Early design work on what would become the Aurora began as early as the late 1980s and manifested itself with a 1989 engineering concept known as the Oldsmobile Tube Car. Beyond the overall similar shape, the Tube Car featured many detailed elements that were later found on the production automobile, including a full-width taillamp, wraparound rear windshield, and frameless windows. Unlike the eventual production car, the Tube Car was of a pillarless hardtop design with suicide doors.
After much research and development, the Aurora went into production on January 31, 1994, and was released for the 1995 model year. It hosted a number of luxury and technologically advanced standard features including dual-zone climate control, leather seating surfaces, burl walnut interior accents, and power adjustable front seats with 2-position memory. An onboard computer displaying the date, current gas consumption, and other information was standard.
The Aurora also came standard with Oldsmobile's 4.0L L47 Aurora V8 engine, a DOHC engine based on Cadillac's 4.6L Northstar V8. The Northstar engine and 4T-80E had been exclusive to Cadillac prior to the Aurora. The Aurora had a drag coefficient of 0.32.
The Aurora was highly regarded at the time for its refined engine, excellent build quality, well-balanced ride, and structural integrity.
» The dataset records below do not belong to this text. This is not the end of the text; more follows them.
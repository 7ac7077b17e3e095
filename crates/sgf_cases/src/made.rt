// Made games.
use crate::parts::{append_content, last_node};
use case_files::{Case, CaseError};
use kb_geometry::append;
use made_games::made_tree;
use std::alloc::Global;

/// Of the made game with the start and the number that are the words, the text of the result, what the
/// node with the number that is put in does, the number of the last node, and the board.
pub(crate) fn answer_made(
    alloc: Global,
    case: &Case<'_>,
    out: &mut Vec<u8>,
) -> Result<(), CaseError> {
    let start = case_number(case.need_word(0)?)?;
    let game = case_number(case.need_word(1)?)?;
    let text = str::from_utf8(case.text()).map_err(|_| CaseError::Bad("no number"))?;
    let node = case_number(text)?;
    let tree = made_tree(alloc, start, game)?;
    append(out, tree.info().result())?;
    append(out, b" ")?;
    append_content(out, &tree, node)?;
    let last = last_node(&tree);
    let (cols, rows) = (tree.shape().cols(), tree.shape().rows());
    let tail = format!(in alloc; " of {last} on {cols}:{rows}\n")?;
    Ok(append(out, tail.as_bytes())?)
}

fn case_number(text: &str) -> Result<u32, CaseError> {
    text.parse::<u32>().map_err(|_| CaseError::Bad("no number"))
}
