// The text that a case is about, and lines that are appended to an answer.
use case_files::{Case, CaseError};
use kb_geometry::append;
use sgf_reader::SgfFault;
use std::alloc::Global;

/// What is put in, in the place of the `*` among the words of the case, or as it is where there are
/// no words.
pub(crate) fn text_of(alloc: Global, case: &Case<'_>) -> Result<Vec<u8>, CaseError> {
    let mut text = Vec::new(alloc);
    if case.words.is_empty() {
        append(&mut text, case.text())?;
        return Ok(text);
    }
    let (before, after) = case
        .words
        .split_once("*")
        .ok_or(CaseError::Bad("no * among the words"))?;
    append(&mut text, before.as_bytes())?;
    append(&mut text, case.text())?;
    append(&mut text, after.as_bytes())?;
    Ok(text)
}

/// Appends a line.
pub(crate) fn append_line(out: &mut Vec<u8>, line: &[u8]) -> Result<(), CaseError> {
    append(out, line)?;
    Ok(out.push(b'\n')?)
}

/// Appends the line of a fault.
pub(crate) fn append_fault(out: &mut Vec<u8>, fault: SgfFault) -> Result<(), CaseError> {
    let SgfFault { kind, at } = fault;
    let line = format!(in *out.allocator(); "{kind:?} at {at}\n")?;
    Ok(append(out, line.as_bytes())?)
}
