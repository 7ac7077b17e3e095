// What stands in a text by its syntax alone: counts, and nodes with the places of their values.
use crate::text::{append_fault, text_of};
use case_files::{Case, CaseError};
use kb_geometry::append;
use sgf_reader::{FaultKind, FlatCollection, FlatGame, FlatNode, Pair, ReadError, Span, read_flat};
use std::alloc::Global;

/// How many games, nodes and values a text has, or its fault.
pub(crate) fn answer_syntax(
    alloc: Global,
    case: &Case<'_>,
    out: &mut Vec<u8>,
) -> Result<(), CaseError> {
    let text = text_of(alloc, case)?;
    match read_flat(alloc, &text) {
        Ok(collection) => append_counts(out, &collection),
        Err(error) => append_refusal(out, error),
    }
}

// Appends the line of a text that could not be read.
fn append_refusal(out: &mut Vec<u8>, error: ReadError) -> Result<(), CaseError> {
    match error {
        ReadError::Fault(fault) => append_fault(out, fault),
        ReadError::NoMemory => Err(CaseError::NoMemory),
    }
}

fn append_counts(out: &mut Vec<u8>, collection: &FlatCollection) -> Result<(), CaseError> {
    let games = collection.game_count();
    let mut nodes = 0usize;
    let mut values = 0usize;
    for number in 0..games {
        let game = collection.game(number);
        nodes = nodes.saturating_add(game.node_count());
        values = values.saturating_add(value_count(&game));
    }
    let line = format!(in *out.allocator(); "games {games}, nodes {nodes}, values {values}\n")?;
    Ok(append(out, line.as_bytes())?)
}

fn value_count(game: &FlatGame<'_>) -> usize {
    let mut values = 0usize;
    for number in 0..game.node_count() {
        values = values.saturating_add(game.node(number).pairs().len());
    }
    values
}

/// What the beginnings of a text are, from which length on each: read, or of this kind of fault at
/// their length, or of a fault before.
pub(crate) fn answer_beginnings(
    alloc: Global,
    case: &Case<'_>,
    out: &mut Vec<u8>,
) -> Result<(), CaseError> {
    let text = text_of(alloc, case)?;
    let mut last = None;
    for count in 0..=text.len() {
        let next = beginning_of(alloc, text.get(..count).unwrap_or(&[]))?;
        if last != Some(next) {
            let line = format!(in alloc; "{next:?} from {count}\n")?;
            append(out, line.as_bytes())?;
            last = Some(next);
        }
    }
    Ok(())
}

// What a beginning of a text is.
#[derive(Clone, Copy, Debug, PartialEq)]
enum Beginning {
    Read,
    FaultBefore,
    Fault(FaultKind),
}

fn beginning_of(alloc: Global, text: &[u8]) -> Result<Beginning, CaseError> {
    match read_flat(alloc, text) {
        Ok(_) => Ok(Beginning::Read),
        Err(ReadError::Fault(fault)) if fault.at as usize == text.len() => {
            Ok(Beginning::Fault(fault.kind))
        }
        Err(ReadError::Fault(_)) => Ok(Beginning::FaultBefore),
        Err(ReadError::NoMemory) => Err(CaseError::NoMemory),
    }
}

/// The nodes of a text with their parents and the places of their values, or the text's fault. The
/// same is shown of the collection as lists in lists, if it isn't told so already.
pub(crate) fn answer_values(
    alloc: Global,
    case: &Case<'_>,
    out: &mut Vec<u8>,
) -> Result<(), CaseError> {
    let text = text_of(alloc, case)?;
    let collection = match read_flat(alloc, &text) {
        Ok(collection) => collection,
        Err(error) => return append_refusal(out, error),
    };
    append_games(out, &text, &collection)?;
    let again = FlatCollection::of(alloc, &collection.to_collection(alloc)?)?;
    let mut other = Vec::new(alloc);
    append_games(&mut other, &text, &again)?;
    if other.as_slice() != out.as_slice() {
        append(out, &other)?;
    }
    Ok(())
}

fn append_games(
    out: &mut Vec<u8>,
    text: &[u8],
    collection: &FlatCollection,
) -> Result<(), CaseError> {
    for number in 0..collection.game_count() {
        append_nodes(out, text, &collection.game(number))?;
    }
    Ok(())
}

fn append_nodes(out: &mut Vec<u8>, text: &[u8], game: &FlatGame<'_>) -> Result<(), CaseError> {
    for number in 0..game.node_count() {
        append_node(out, text, number, &game.node(number))?;
    }
    Ok(())
}

// Appends the line of a node: its number, its parent, and its values.
fn append_node(
    out: &mut Vec<u8>,
    text: &[u8],
    number: usize,
    node: &FlatNode<'_>,
) -> Result<(), CaseError> {
    let alloc = *out.allocator();
    let place = match node.parent() {
        Some(parent) => format!(in alloc; "{number} below {parent}")?,
        None => format!(in alloc; "{number} root")?,
    };
    append(out, place.as_bytes())?;
    for pair in node.pairs() {
        append_pair(out, text, pair)?;
    }
    Ok(out.push(b'\n')?)
}

// Appends a value behind its name, and from where to where both stand.
fn append_pair(out: &mut Vec<u8>, text: &[u8], pair: &Pair) -> Result<(), CaseError> {
    let Pair { name, value } = *pair;
    append(out, b", ")?;
    append(out, bytes_at(text, name))?;
    append(out, b"[")?;
    append(out, bytes_at(text, value))?;
    append(out, b"]")?;
    append_span(out, name)?;
    append_span(out, value)
}

fn append_span(out: &mut Vec<u8>, span: Span) -> Result<(), CaseError> {
    let Span { from, to } = span;
    let shown = format!(in *out.allocator(); " {from}-{to}")?;
    Ok(append(out, shown.as_bytes())?)
}

// The bytes of a piece of the text.
fn bytes_at(text: &[u8], span: Span) -> &[u8] {
    text.get(span.from as usize..span.to as usize)
        .unwrap_or(&[])
}
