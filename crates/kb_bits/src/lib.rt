//! Sets of numbers below a bound, as fixed words. No call allocates.
//!
//! Stands on std alone. Clauses see a set as the list of its numbers, ascending. The layers above
//! use that each call is the set operation, said by the members of the sets, and that two sets with
//! the same members are equal.
#![tactic(auto)]

mod bit_board;

pub use bit_board::{BOUND, BitBoard, members_ascend, same_members_are_equal, the_bound_is_2704};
In fact, during normal crush-to-failure tests done by automakers to evaluate body rigidity, the Aurora's unibody construction actually broke GM's testing machine. A frame-crusher otherwise used to test stronger truck frames had to be used instead, with the car exceeding federal standards for passenger cars by two times.
First year sales were strong, with the Aurora selling over 45,000 units, but sales dropped dramatically for 1996, as in many cases, buyers were turned away by the large price tag. All 1st generation Auroras were built in Lake Orion, Michigan, along with the Buick LeSabre, Buick Park Avenue, Buick Riviera, Oldsmobile 88, Oldsmobile 98 and the Pontiac Bonneville. Production for this generation ended on June 25, 1999.
- 1995-1999 • L47 4.0L (244in³) V8, 250hp (186kW) @ 5600rpm, 260lb·ft (353N·m) torque @ 4400rpm.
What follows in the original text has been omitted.